Kepler s’appuie sur les travaux de Copernic pour définir les lois du mouvement des planètes qui ont ouvert la voie à la théorie de la gravité d’Isaac Newton. Bien qu’il soit connu comme mathématicien et astronome, les archives historiques n’indiquent pas s’il a également étudié ou pratiqué l’alchimie – une quête visant à découvrir la pierre philosophale, permettant la transmutation des métaux comme le plomb, en métaux nobles comme l’argent ou l’or, ou encore un elixir qui guérirait les maladies et prolongerait la vie.

Les auteurs supposent que Kepler aurait pu apprendre la « science pseudo-chimique » de son collègue Tycho Brahe, le grand astronome danois, à Prague. Brahe avait invité Kepler à le rejoindre à la cour de Rodolphe II au château de Benatky, en 1600. À la mort de Brahe en 1601, Kepler lui succéda en tant que mathématicien de l’empereur.

Portrait de Tycho Brahe, 1596, château de Skokloster.

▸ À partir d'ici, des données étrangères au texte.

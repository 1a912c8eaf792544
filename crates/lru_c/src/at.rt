//! A pointer that owns what it points to, as a box does, or owns nothing. A handle of C has the
//! same fields in a struct of its own, because a struct with a type parameter cannot be passed to
//! C.
ghost use Rattle.std.specs.Prelude.{◌≡◌, Option as Maybe, Some, None, is_some, true};
ghost use Rattle.lru_c.specs.Held.{held_owns};

use std::alloc::Allocator;
use std::marker::Model;

/// A pointer. If `held` is some, it owns that value as a box does; otherwise it owns nothing.
pub struct At<T, A: Allocator> {
    pub(crate) ptr: *mut T,
    pub(crate) alloc: A,
    pub ghost held: { Maybe T },
}

impl<T, A: Allocator> Model for At<T, A> {
    ghost also_owns = { λ c. held_owns (A.dealloc_token c.alloc) T.row c.ptr c.held };
}

impl<T, A: Allocator> At<T, A> {
    pub(crate) fn of(inner: Box<T, A>) -> At<T, A>
    where
        T: Drop,
        ensures { result.held ≡ Some inner.value }
    {
        let (ptr, alloc) = Box::into_raw_with_allocator(inner);
        At { ptr, alloc }
    }

    pub(crate) fn into_box(self) -> Box<T, A>
        requires { is_some self.held ≡ true }
        ensures { self.held ≡ Some result.value }
    {
        let At { ptr, alloc } = self;
        unsafe { Box::from_raw(alloc, ptr) }
    }

    pub(crate) fn none(alloc: A) -> At<T, A>
        ensures { result.held ≡ None }
    {
        At {
            ptr: std::ptr::null_mut(),
            alloc,
        }
    }
}
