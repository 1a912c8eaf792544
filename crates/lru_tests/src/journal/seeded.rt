//! Long runs of calls drawn from seeds, made on a twin and on a journal for a single owner.
//!
//! The twin's answers are the journal's, and so are its records.
ghost use Rattle.std.specs.Prelude.{◌≡◌};

use crate::assertions::assert_equal_at;
use crate::journal::answer::Answer;
use crate::journal::records::lines;
use crate::journal::{caller, owner};
use concurrent_lru::lru_core::Refusal;
use lru_journal::journal::{Identity, Journal, Opening, Tally, Told, Twin};
use lru_support::tables::Call;
use rand_core::{Rng, SeedableRng};
use rand_xoshiro::Xoshiro256PlusPlus;
use std::alloc::Global;
use std::marker::Brand;
use std::process::Abort;
use std::sync::Wait;
use std::test::Fail;

const CAPACITY: u64 = 8;

// The state that determines the next call: a generator, the stamps of the last pins, and the calls
// that remain to be made to release the pin before these.
#[derive(Drop)]
struct Draws {
    generator: Xoshiro256PlusPlus,
    pins: [u64; 4],
    due: Option<Call>,
}

impl Draws {
    // No entry ever has the stamps that stand for no pin.
    fn from_seed(seed: u64) -> Draws {
        Draws {
            generator: Xoshiro256PlusPlus::seed_from_u64(seed),
            pins: [u64::MAX; 4],
            due: None,
        }
    }

    fn next(&mut self) -> Call {
        match self.due {
            Some(call) => {
                self.due = next_due(call);
                call
            }
            None => self.draw(),
        }
    }

    // Returns a call on one of six keys or of the last pins.
    fn draw(&mut self) -> Call {
        let key = self.generator.next_u64() % 6;
        let number = self.generator.next_u64() % 8;
        let stamp = self.pins[(self.generator.next_u64() % 4) as usize];
        let charge = 1 + number % 3;
        match self.generator.next_u64() % 24 {
            0..=4 => Call::Begin(key, charge),
            5 => Call::BeginStrictly(key, charge),
            6 => Call::Poll(stamp),
            7 => Call::Ready(stamp, number),
            8 => Call::Fail(stamp),
            9 | 10 => Call::Get(key),
            11 | 12 => Call::Read(key),
            13 => Call::Release(stamp),
            14 => Call::ReleaseAndEvict(stamp),
            15 => Call::Repin(stamp),
            16 => Call::AdviceEvict(key),
            17 => Call::Invalidate(key),
            18 => Call::Insert(key, charge, number),
            // Refused, unless nothing stays beside it.
            19 => Call::Insert(key, u64::MAX, number),
            20 => Call::InsertStrictly(key, charge, number),
            21 => Call::Prune,
            22 => Call::SetCapacity(4 + number),
            _ => Call::Total,
        }
    }

    // Keeps the stamp if the call returned a pin, and has the oldest pin released.
    fn note(&mut self, call: Call, answer: Answer) {
        if let Some(stamp) = pinned(call, answer) {
            let [oldest, one, two, three] = self.pins;
            self.pins = [one, two, three, stamp];
            self.due = Some(Call::Poll(oldest));
        }
    }
}

// Returns the stamp of the entry that a call pinned, if it pinned one.
fn pinned(call: Call, answer: Answer) -> Option<u64> {
    match (call, answer.told) {
        (Call::Poll(_) | Call::Read(_), _) => None,
        (Call::Repin(stamp), Ok(_)) => Some(stamp),
        (
            _,
            Ok(
                Told::Make(stamp)
                | Told::Wait(stamp)
                | Told::Hit(stamp)
                | Told::Found(stamp)
                | Told::Inserted(stamp),
            ),
        ) => Some(stamp),
        _ => None,
    }
}

// A pin is released after a poll, which takes over a failed making, and a ready.
fn next_due(call: Call) -> Option<Call> {
    match call {
        Call::Poll(stamp) => Some(Call::Ready(stamp, stamp)),
        Call::Ready(stamp, _) => Some(Call::Release(stamp)),
        _ => None,
    }
}

#[test]
fn a_twin_answers_and_records_as_a_journal_does(rt: HostRuntime) -> Result<(), Fail> {
    for seed in 1..=20u64 {
        let opening = Opening::<u64>::new(rt.alloc(), CAPACITY)?;
        compare::<Brand, HostRuntime>(&rt, rt.alloc(), opening, seed)?;
    }
    Ok(())
}

fn compare<I: Identity, R: Wait + Abort>(
    rt: &R,
    alloc: Global,
    opening: Opening<u64>,
    seed: u64,
) -> Result<(), Fail>
    requires { opening ≡ I.name }
{
    let mut journal = Journal::new(alloc, CAPACITY);
    let (cache, mut tally) = Twin::<u64, u64, &R, I>::new(alloc, rt, opening);
    answer_alike(rt, alloc, &cache, &mut tally, &mut journal, seed);
    let recorded = lines(alloc, cache.into_journal(tally).records())?;
    let wanted = lines(alloc, journal.records())?;
    assert_equal_at(rt, &recorded, &wanted, ("the records of seed", seed));
    Ok(())
}

// Makes 300 calls on a twin and on a journal, and compares the answers.
fn answer_alike<I: Identity, R: Wait + Abort>(
    rt: &R,
    alloc: Global,
    cache: &Twin<u64, u64, &R, I>,
    tally: &mut Tally<u64, I>,
    journal: &mut Journal<u64, u64>,
    seed: u64,
)
    ensures { tally.new.parts ≡ tally.old.parts }
{
    let mut draws = Draws::from_seed(seed);
    for number in 0..300u32 {
        let call = draws.next();
        let place = ("call", number, "of seed", seed, call);
        let answer = caller::ask(alloc, cache, tally, call).expect(rt, "memory");
        let wanted = owner::ask(alloc, journal, call).expect(rt, "memory");
        assert_equal_at(rt, answer, wanted, place);
        let answer = answer.expect(rt, "a call that both have");
        assert!(rt; answer.told != Err(Refusal::Memory), "at {place:?}");
        draws.note(call, answer);
    }
}
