//! The twin under two callers, each with a part of the tally.
ghost use Rattle.std.specs.Prelude.{◌≡◌, IfOk};

use crate::assertions::assert_equal;
use concurrent_lru::lru_core::Refusal;
use lru_journal::journal::{Identity, Opening, Pin, Started, Tally, Twin};
use std::alloc::Global;
use std::marker::Brand;
use std::process::Abort;
use std::sync::{Arc, Wait};
use std::thread::{Threads, join};

const CAPACITY: u64 = 4;

#[test]
fn two_callers_make_one_history(rt: HostRuntime) {
    let opening = Opening::<u64>::new(rt.alloc(), CAPACITY).expect(&rt, "an opening");
    use_twenty_keys::<Brand, HostRuntime>(&rt, rt.alloc(), opening);
}

// Makes the value of a key that no other caller asks for, asks for it twice more while it is
// pinned, and releases the three pins.
fn use_key<I: Identity, R: Wait + Drop>(
    alloc: Global,
    cache: &Twin<u64, u64, R, I>,
    tally: &mut Tally<u64, I>,
    key: u64,
) -> Result<(), Refusal>
    ensures { tally.new.parts ≡ tally.old.parts }
{
    let Started::Make(stamp) = cache.begin(tally, &key, 1)? else {
        return Err(Refusal::Stale);
    };
    let value = Arc::new(alloc, key)?;
    let first = Pin::new(stamp, value.clone()?);
    if let Err((refusal, _value)) = cache.ready(tally, stamp, value) {
        return Err(refusal);
    }
    let Started::Hit(second) = cache.begin(tally, &key, 1)? else {
        return Err(Refusal::Stale);
    };
    let third = cache.get(tally, &key)?.ok_or(Refusal::Stale)?;
    for pin in [first, second, third] {
        if let Err((refusal, _pin)) = cache.release(tally, pin) {
            return Err(refusal);
        }
    }
    Ok(())
}

// Uses ten keys from this one on, one after another.
fn use_ten_keys<I: Identity, R: Wait + Drop>(
    cache: &Twin<u64, u64, R, I>,
    alloc: Global,
    mut tally: Tally<u64, I>,
    first: u8,
) -> Result<Tally<u64, I>, Refusal>
    ensures { IfOk result (λ t. t.parts ≡ tally.parts) }
{
    for next in 0..10u64 {
        use_key(alloc, cache, &mut tally, u64::from(first) + next)?;
    }
    Ok(tally)
}

// Runs the two callers, each on a thread of its own.
fn use_on_two_threads<I: Identity + Send + Sync, R: Threads + Wait + Sync>(
    rt: &R,
    cache: &Twin<u64, u64, &R, I>,
    alloc: Global,
    one: Tally<u64, I>,
    two: Tally<u64, I>,
) -> (
    Result<Tally<u64, I>, Refusal>,
    Result<Tally<u64, I>, Refusal>,
)
    ensures one { IfOk result.0 (λ t. t.parts ≡ one.parts) }
    ensures two { IfOk result.1 (λ t. t.parts ≡ two.parts) }
{
    join(
        rt,
        move || -> Result<Tally<u64, I>, Refusal>
            ensures { IfOk result (λ t. t.parts ≡ one.parts) }
        { use_ten_keys(cache, alloc, one, 0) },
        move || -> Result<Tally<u64, I>, Refusal>
            ensures { IfOk result (λ t. t.parts ≡ two.parts) }
        { use_ten_keys(cache, alloc, two, 10) },
    )
}

fn use_twenty_keys<I: Identity + Send + Sync, R: Threads + Wait + Abort + Sync>(
    rt: &R,
    alloc: Global,
    opening: Opening<u64>,
)
    requires { opening ≡ I.name }
{
    let (cache, mut whole) = Twin::<u64, u64, &R, I>::new(alloc, rt, opening);
    let one = whole.split(&cache);
    let two = whole.split(&cache);
    let (one, two) = use_on_two_threads(rt, &cache, alloc, one, two);
    whole.join(&cache, one.expect(rt, "the first caller's answers"));
    whole.join(&cache, two.expect(rt, "the second caller's answers"));
    let mut journal = cache.into_journal(whole);
    assert_equal(rt, journal.records().len(), 140);
    assert_equal(rt, journal.total(), Ok(CAPACITY));
}
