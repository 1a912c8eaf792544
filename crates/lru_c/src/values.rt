//! The types of the core for values of one word, which are copied for each pin.
use concurrent_lru::share::ByCopy;
use concurrent_lru::{eviction, lru_core, step};

/// A cache of words.
pub type State<K> = lru_core::State<K, u64, ByCopy>;

/// The result of `begin` and `poll`.
pub type Begun = step::Begun<u64>;

/// What a step evicted.
pub type Evicted<K> = lru_core::Evicted<K, u64, ByCopy>;

/// An entry that left the cache.
pub type Gone<K> = eviction::Gone<K, u64>;
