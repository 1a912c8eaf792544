//! Calls on a twin by a caller with a tally.
ghost use Rattle.std.specs.Prelude.{◌≡◌, ◌<◌};

use crate::journal::answer::Answer;
use concurrent_lru::lru_core::Refusal;
use lru_journal::journal::{Identity, Pin, Started, Tally, Told, Twin};
use lru_support::tables::Call;
use std::alloc::{AllocError, Global};
use std::sync::{Arc, Wait};

/// Makes a call on the twin. Returns `None` for a call that twins do not have, or at the charge 0,
/// and `AllocError` if a value's memory is refused.
pub(crate) fn ask<R: Wait + Drop, I: Identity>(
    alloc: Global,
    cache: &Twin<u64, u64, R, I>,
    tally: &mut Tally<u64, I>,
    call: Call,
) -> Result<Option<Answer>, AllocError>
    ensures { tally.new.parts ≡ tally.old.parts }
{
    let answer = match call {
        Call::Ready(stamp, value) => {
            let value = Arc::new(alloc, value)?;
            Answer::ready(cache.ready(tally, stamp, value))
        }
        Call::Release(stamp) => {
            let pin = pin(alloc, stamp)?;
            released(cache.release(tally, pin))
        }
        Call::ReleaseAndEvict(stamp) => {
            let pin = pin(alloc, stamp)?;
            released(cache.release_and_evict(tally, pin))
        }
        Call::Insert(key, charge, value) if charge > 0 => {
            let value = Arc::new(alloc, value)?;
            inserted(cache.insert(tally, &key, charge, value))
        }
        Call::InsertStrictly(key, charge, value) if charge > 0 => {
            let value = Arc::new(alloc, value)?;
            inserted(cache.insert_strictly(tally, &key, charge, value))
        }
        other => return Ok(ask_with_numbers(cache, tally, other)),
    };
    Ok(Some(answer))
}

// Makes a call whose arguments are plain numbers.
fn ask_with_numbers<R: Wait + Drop, I: Identity>(
    cache: &Twin<u64, u64, R, I>,
    tally: &mut Tally<u64, I>,
    call: Call,
) -> Option<Answer>
    ensures { tally.new.parts ≡ tally.old.parts }
{
    let answer = match call {
        Call::Begin(key, charge) if charge > 0 => started(cache.begin(tally, &key, charge)),
        Call::BeginStrictly(key, charge) if charge > 0 => {
            started(cache.begin_strictly(tally, &key, charge))
        }
        Call::Poll(stamp) => started(cache.poll(tally, stamp)),
        Call::Fail(stamp) => Answer::failed(cache.fail(tally, stamp)),
        Call::Get(key) => found(cache.get(tally, &key)),
        Call::Read(key) => Answer::read(cache.read(tally, &key, |value| *value)),
        Call::Repin(stamp) => repinned(cache.repin(tally, stamp)),
        Call::AdviceEvict(key) => Answer::done(cache.advice_evict(tally, &key)),
        Call::Invalidate(key) => Answer::done(cache.invalidate(tally, &key)),
        Call::Prune => Answer::done(cache.prune(tally)),
        Call::SetCapacity(capacity) => Answer::done(cache.set_capacity(tally, capacity)),
        Call::Total => Answer::total(cache.total(tally)),
        _ => return None,
    };
    Some(answer)
}

// Returns a pin for a release, which uses its stamp alone.
fn pin(alloc: Global, stamp: u64) -> Result<Pin<u64>, AllocError> {
    Ok(Pin::new(stamp, Arc::new(alloc, 0)?))
}

fn started(told: Result<Started<u64>, Refusal>) -> Answer {
    match told {
        Ok(Started::Make(stamp)) => Answer::says(Told::Make(stamp)),
        Ok(Started::Wait(stamp)) => Answer::says(Told::Wait(stamp)),
        Ok(Started::Hit(pin)) => Answer::gives(Told::Hit(pin.stamp()), *pin.value()),
        Err(refusal) => Answer::refused(refusal),
    }
}

fn found(told: Result<Option<Pin<u64>>, Refusal>) -> Answer {
    match told {
        Ok(Some(pin)) => Answer::gives(Told::Found(pin.stamp()), *pin.value()),
        Ok(None) => Answer::says(Told::Missed),
        Err(refusal) => Answer::refused(refusal),
    }
}

fn repinned(told: Result<Pin<u64>, Refusal>) -> Answer {
    match told {
        Ok(pin) => Answer::gives(Told::Done, *pin.value()),
        Err(refusal) => Answer::refused(refusal),
    }
}

fn released(told: Result<(), (Refusal, Pin<u64>)>) -> Answer {
    match told {
        Ok(()) => Answer::says(Told::Done),
        Err((refusal, _pin)) => Answer::refused(refusal),
    }
}

fn inserted(told: Result<Pin<u64>, (Refusal, Arc<u64>)>) -> Answer {
    match told {
        Ok(pin) => Answer::gives(Told::Inserted(pin.stamp()), *pin.value()),
        Err((refusal, value)) => Answer::returned(refusal, *value),
    }
}
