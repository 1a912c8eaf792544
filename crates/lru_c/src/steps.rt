//! The steps of a cache of words, for any type of key. Each takes one step of the core and returns
//! its answer as C gets it.
ghost use Rattle.std.specs.Prelude.{◌≡◌, ◌<◌, ◌==◌, ◌⊎◌, [], MatchBool};
ghost use Rattle.concurrent_lru.specs.Request as ask;
ghost use Rattle.lru_c.specs.Codes as codes;
ghost use Rattle.lru_c.specs.Inserts.{TellsInsertBy, TellsInserted};
ghost use Rattle.lru_c.specs.Opened.{number_of, TellsReady};
ghost use Rattle.lru_c.specs.Told.{bare, begin_by, begun_told, evict_by, failed_code, found_told, numbered, refusal_code, request_of, Asks, ReadiesWith, TellsBegun, TellsCharged, TellsReleased};

use crate::code;
use crate::told::{LruPin, LruTold};
use crate::values::{Begun, Evicted, State};
use concurrent_lru::lru_core::{Failed, Hint, Inserted, Refusal};
use concurrent_lru::share::ByCopy;
use std::hash::Hash;

pub(crate) fn begin<K: Hash + Eq + Clone>(
    state: &mut State<K>,
    key: &K,
    charge: u64,
    strict: bool,
) -> (LruTold, Evicted<K>)
    requires { 0 < charge }
    ensures { Asks K.eq state.old.cache (begin_by strict key.now charge) result.0 result.1
        state.new.cache }
{
    if strict {
        told_of_begin(state.begin_strictly_at(key, charge))
    } else {
        told_of_begin(state.begin_at(key, charge))
    }
}

// Returns the answer of a begin with this result, and what it evicted.
#[inline(always)]
fn told_of_begin<K: Drop>(
    outcome: Result<(Begun, Evicted<K>, Hint), Refusal>,
) -> (LruTold, Evicted<K>)
    ensures { TellsBegun outcome result.0 result.1 }
{
    match outcome {
        Ok((begun, gone, hint)) => (told_of_begun(begun, hint), gone),
        Err(refusal) => (LruTold::bare(code_of(refusal)), Evicted::none()),
    }
}

fn told_of_begun(begun: Begun, hint: Hint) -> LruTold
    ensures { result ≡ begun_told hint begun }
{
    match begun {
        Begun::Make(stamp) => LruTold::of(code::MAKE, LruPin::of(stamp, hint), 0),
        Begun::Wait(stamp) => LruTold::of(code::WAIT, LruPin::of(stamp, hint), 0),
        Begun::Hit(stamp, value) => LruTold::of(code::HIT, LruPin::of(stamp, hint), value),
    }
}

pub(crate) fn poll<K: Hash + Eq + Clone>(state: &mut State<K>, pin: LruPin) -> LruTold
    ensures { Asks K.eq state.old.cache (ask.poll pin.stamp) result [] state.new.cache }
{
    match state.poll_at(&pin.spot()) {
        Ok(begun) => told_of_begun(begun, pin.hint()),
        Err(refusal) => LruTold::bare(code_of(refusal)),
    }
}

pub(crate) fn ready<K: Hash + Eq + Clone>(state: &mut State<K>, pin: LruPin, value: u64) -> u32
    ensures { Asks K.eq state.old.cache (ask.ready pin.stamp value) (bare result) []
        state.new.cache }
{
    match state.ready_at(&pin.spot(), value) {
        Ok(()) => code::DONE,
        Err(_back) => code::STALE,
    }
}

// Stores a value with a charge, which takes the place of the one with which its entry was begun. If
// the call is strict and the capacity has no room for the charge beside the other held entries,
// stores nothing.
pub(crate) fn ready_with<K: Hash + Eq + Clone>(
    state: &mut State<K>,
    pin: LruPin,
    value: u64,
    charge: u64,
    strict: bool,
) -> (u32, Evicted<K>)
    ensures { ReadiesWith K.eq strict state.old.cache pin.stamp value charge (bare result.0)
        result.1 state.new.cache }
{
    if charge == 0 {
        return (code::NO_CHARGE, Evicted::none());
    }
    if strict {
        told_of_charged(state.ready_with_strictly_at(&pin.spot(), value, charge))
    } else {
        told_of_charged(state.ready_with_at(&pin.spot(), value, charge))
    }
}

// Returns the code of a `ready_with` with this result, and what it evicted.
#[inline(always)]
fn told_of_charged<K: Drop>(outcome: Result<Evicted<K>, (Refusal, u64)>) -> (u32, Evicted<K>)
    ensures { TellsCharged outcome result.0 result.1 }
{
    match outcome {
        Ok(gone) => (code::DONE, gone),
        Err((refusal, _back)) => (code_of(refusal), Evicted::none()),
    }
}

pub(crate) fn fail<K: Hash + Eq + Clone>(state: &mut State<K>, pin: LruPin) -> u32
    ensures { Asks K.eq state.old.cache (ask.fail pin.stamp) (bare result) [] state.new.cache }
{
    match state.fail_at(&pin.spot()) {
        Ok(failed) => code_of_failed(failed),
        Err(refusal) => code_of(refusal),
    }
}

fn code_of_failed<K: Drop>(failed: Failed<K>) -> u32
    ensures { result ≡ failed_code failed }
{
    match failed {
        Failed::Left => code::LEFT,
        Failed::Removed(_key) => code::REMOVED,
    }
}

pub(crate) fn get<K: Hash + Eq + Clone>(state: &mut State<K>, key: &K) -> LruTold
    ensures { Asks K.eq state.old.cache (ask.get key.now) result [] state.new.cache }
{
    match state.get_at(key) {
        Ok(found) => told_of_found(found),
        Err(refusal) => LruTold::bare(code_of(refusal)),
    }
}

fn told_of_found(found: Option<(u64, u64, Hint)>) -> LruTold
    ensures { result ≡ found_told found }
{
    match found {
        Some((stamp, value, hint)) => LruTold::of(code::HIT, LruPin::of(stamp, hint), value),
        None => LruTold::bare(code::MISSED),
    }
}

/// A step that takes no key and may evict.
#[derive(Clone, Copy)]
pub enum Step {
    /// Release a pin.
    Release(LruPin),
    /// Release a pin, and evict its entry with the last one.
    ReleaseAndEvict(LruPin),
    /// Evict every idle entry.
    Prune,
    /// Set the capacity.
    SetCapacity(u64),
}

#[inline(always)]
pub(crate) fn take<K: Hash + Eq + Clone>(state: &mut State<K>, step: Step) -> (u32, Evicted<K>)
    ensures { Asks K.eq state.old.cache (request_of step) (bare result.0) result.1
        state.new.cache }
{
    match step {
        Step::Release(pin) => told_of_release(state.release_at(&pin.spot())),
        Step::ReleaseAndEvict(pin) => told_of_release(state.release_and_evict_at(&pin.spot())),
        Step::Prune => (code::DONE, state.prune()),
        Step::SetCapacity(capacity) => (code::DONE, state.set_capacity(capacity)),
    }
}

// Returns the code of a release with this result, and what it evicted.
#[inline(always)]
fn told_of_release<K: Drop>(outcome: Result<Evicted<K>, Refusal>) -> (u32, Evicted<K>)
    ensures { TellsReleased outcome result.0 result.1 }
{
    match outcome {
        Ok(gone) => (code::DONE, gone),
        Err(refusal) => (code_of(refusal), Evicted::none()),
    }
}

pub(crate) fn repin<K: Hash + Eq + Clone>(state: &mut State<K>, pin: LruPin) -> LruTold
    ensures { Asks K.eq state.old.cache (ask.repin pin.stamp) result [] state.new.cache }
{
    match state.repin_at(&pin.spot()) {
        Ok(value) => LruTold::of(code::PINNED, pin, value),
        Err(refusal) => LruTold::bare(code_of(refusal)),
    }
}

// Evicts the entry of a key if it is idle. Detaches it if it is held, if `even_held` says so.
pub(crate) fn evict<K: Hash + Eq + Clone>(
    state: &mut State<K>,
    key: &K,
    even_held: bool,
) -> (u32, Evicted<K>)
    ensures { Asks K.eq state.old.cache (evict_by even_held key.now)
        (bare result.0) result.1 state.new.cache }
{
    if even_held {
        (code::DONE, state.invalidate(key))
    } else {
        (code::DONE, state.advice_evict(key))
    }
}

// Also returns what the new entry replaced, and what its charge evicted. If the insert is strict
// and the capacity has no room for the charge beside the held entries, inserts nothing.
pub(crate) fn insert<K: Hash + Eq + Clone>(
    state: &mut State<K>,
    key: &K,
    charge: u64,
    value: u64,
    strict: bool,
) -> (LruTold, (Evicted<K>, Evicted<K>))
    requires { 0 < charge }
    ensures { TellsInsertBy K.eq strict state.old.cache key.now charge value result.0 result.1.0
        result.1.1 state.new.cache }
{
    if strict {
        told_of_insert(state.insert_strictly_at(key, charge, value))
    } else {
        told_of_insert(state.insert_at(key, charge, value))
    }
}

// Returns the answer of an insert with this result, with what it replaced and what it evicted.
#[inline(always)]
fn told_of_insert<K: Drop>(
    outcome: Result<(Inserted<K, u64, ByCopy>, Hint), (Refusal, u64)>,
) -> (LruTold, (Evicted<K>, Evicted<K>))
    ensures { TellsInserted outcome result.0 result.1.0 result.1.1 }
{
    match outcome {
        Ok((inserted, hint)) => {
            let Inserted {
                stamp,
                replaced,
                evicted,
            } = inserted;
            let pin = LruPin::of(stamp, hint);
            let told = LruTold::of(code::DONE, pin, 0);
            (told, (replaced, evicted))
        }
        Err((refusal, _back)) => refused(code_of(refusal)),
    }
}

// Refuses an insert with a code: nothing was replaced or evicted.
pub(crate) fn refused<K: Drop>(code: u32) -> (LruTold, (Evicted<K>, Evicted<K>))
    ensures { (result.0 ≡ bare code) × (result.1.0 ≡ []) × (result.1.1 ≡ []) }
{
    (LruTold::bare(code), (Evicted::none(), Evicted::none()))
}

fn code_of(refusal: Refusal) -> u32
    ensures { result ≡ refusal_code refusal }
{
    match refusal {
        Refusal::Overflow => code::OVERFLOW,
        Refusal::Stale => code::STALE,
        Refusal::Memory => code::MEMORY,
        Refusal::Full => code::FULL,
    }
}

/// A number that a cache tells.
#[derive(Clone, Copy)]
pub enum Number {
    /// The sum of the charges of all entries.
    Total,
    /// The sum of the charges of the held entries.
    PinnedCharge,
    /// The capacity.
    Capacity,
    /// The number of entries.
    Len,
}

pub(crate) fn tell<K: Hash + Eq + Clone>(state: &State<K>, which: Number) -> LruTold
    ensures { result ≡ numbered codes.number (number_of which state.now.cache) }
{
    LruTold::number(code::NUMBER, read(state, which))
}

fn read<K: Hash + Eq + Clone>(state: &State<K>, which: Number) -> u64
    ensures { result ≡ number_of which state.now.cache }
{
    match which {
        Number::Total => state.total(),
        Number::PinnedCharge => state.pinned_charge(),
        Number::Capacity => state.capacity(),
        Number::Len => state.len() as u64,
    }
}

pub(crate) fn reserve<K: Hash + Eq + Clone>(state: &mut State<K>, entries: usize) -> u32
    ensures code { (result ≡ codes.done) ⊎ (result ≡ codes.memory) }
    ensures same { state.new.cache ≡ state.old.cache }
{
    match state.reserve(entries) {
        Ok(()) => code::DONE,
        Err(_) => code::MEMORY,
    }
}

pub(crate) fn contains<K: Hash + Eq + Clone>(state: &State<K>, key: &K) -> u32
    ensures { TellsReady K.eq state.now.cache key.now result }
{
    if state.contains(key) {
        code::DONE
    } else {
        code::MISSED
    }
}
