//! All that a user writes to open a twin: a function that is generic in the twin's identity, and
//! one line that names it (proofs/example/opens_a_twin/Invariants.antt).
ghost use Rattle.std.specs.Prelude.{◌≡◌};

use lru_journal::journal::{Identity, Opening, Started, Twin};
use std::alloc::Global;
use std::marker::Brand;
use std::process::Abort;
use std::sync::Wait;
use std::test::Fail;

#[test]
fn opens_a_twin(rt: HostRuntime) -> Result<(), Fail> {
    let opening = Opening::<u64>::new(rt.alloc(), 10)?;
    asks_once::<Brand, HostRuntime>(&rt, rt.alloc(), opening)
}

fn asks_once<I: Identity, R: Wait + Abort>(
    rt: &R,
    alloc: Global,
    opening: Opening<u64>,
) -> Result<(), Fail>
    requires { opening ≡ I.name }
{
    let (cache, mut tally) = Twin::<u64, u64, &R, I>::new(alloc, rt, opening);
    let started = cache.begin(&mut tally, &1, 1)?;
    assert!(rt; matches!(&started, Started::Make(0)));
    let journal = cache.into_journal(tally);
    assert_eq!(rt; journal.records().len(), 1);
    Ok(())
}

Ces derniers précisent que l’alchimie était une pratique populaire aux XVIe et XVIIe siècles. Le conseiller scientifique d’Élisabeth Ire, John Dee, était également alchimiste. Quant à Tycho Brahe, il construisit sur l’île de Ven un laboratoire d’alchimie avec seize fours pour la purification des métaux.

Lorsque son corps a été exhumé en 2010, l’analyse d’échantillons de poils a révélé qu’ils contenaient des quantités d’or « jusqu’à 100 fois supérieures à celles d’une personne normale aujourd’hui ».

« Il est fort probable que Brahe ait transmis sa passion à Kepler, qui aurait peut-être commencé à pratiquer l’art de l’alchimie », poursuit le journal, ajoutant qu’il était probable « qu’il était prêt à se salir les mains, à en juger par les hauts niveaux de métaux classiques utilisés dans ce domaine sur toutes les pages de son manuscrit et qu’il avait non seulement ses doigts contaminés par ces métaux, mais également les manches de ses vêtements. »

La chimie analytique appliquée aux manuscrits

Gleb Zilberstein, le biotechnologue kazakh qui travaille actuellement en Israël, n’en est pas à son coup d’essai. Il avait déjà retrouvé des traces de maladie rénale sur le manuscrit du Maître et Marguerite de Mikhaïl Boulgakov et analysé une lettre de George Orwell suggérant qu’il avait peut-être attrapé la tuberculose qui l’avait tué alors qu’il se trouvait dans un hôpital espagnol.

Le scientifique a déclaré au Guardian que « l’examen de textes et de manuscrits avec une chimie analytique peut révéler des informations sur ce qu’une personne mangeait, sur quoi cette personne était malade, quels médicaments elle utilisait, dans quelle atmosphère il vivait. »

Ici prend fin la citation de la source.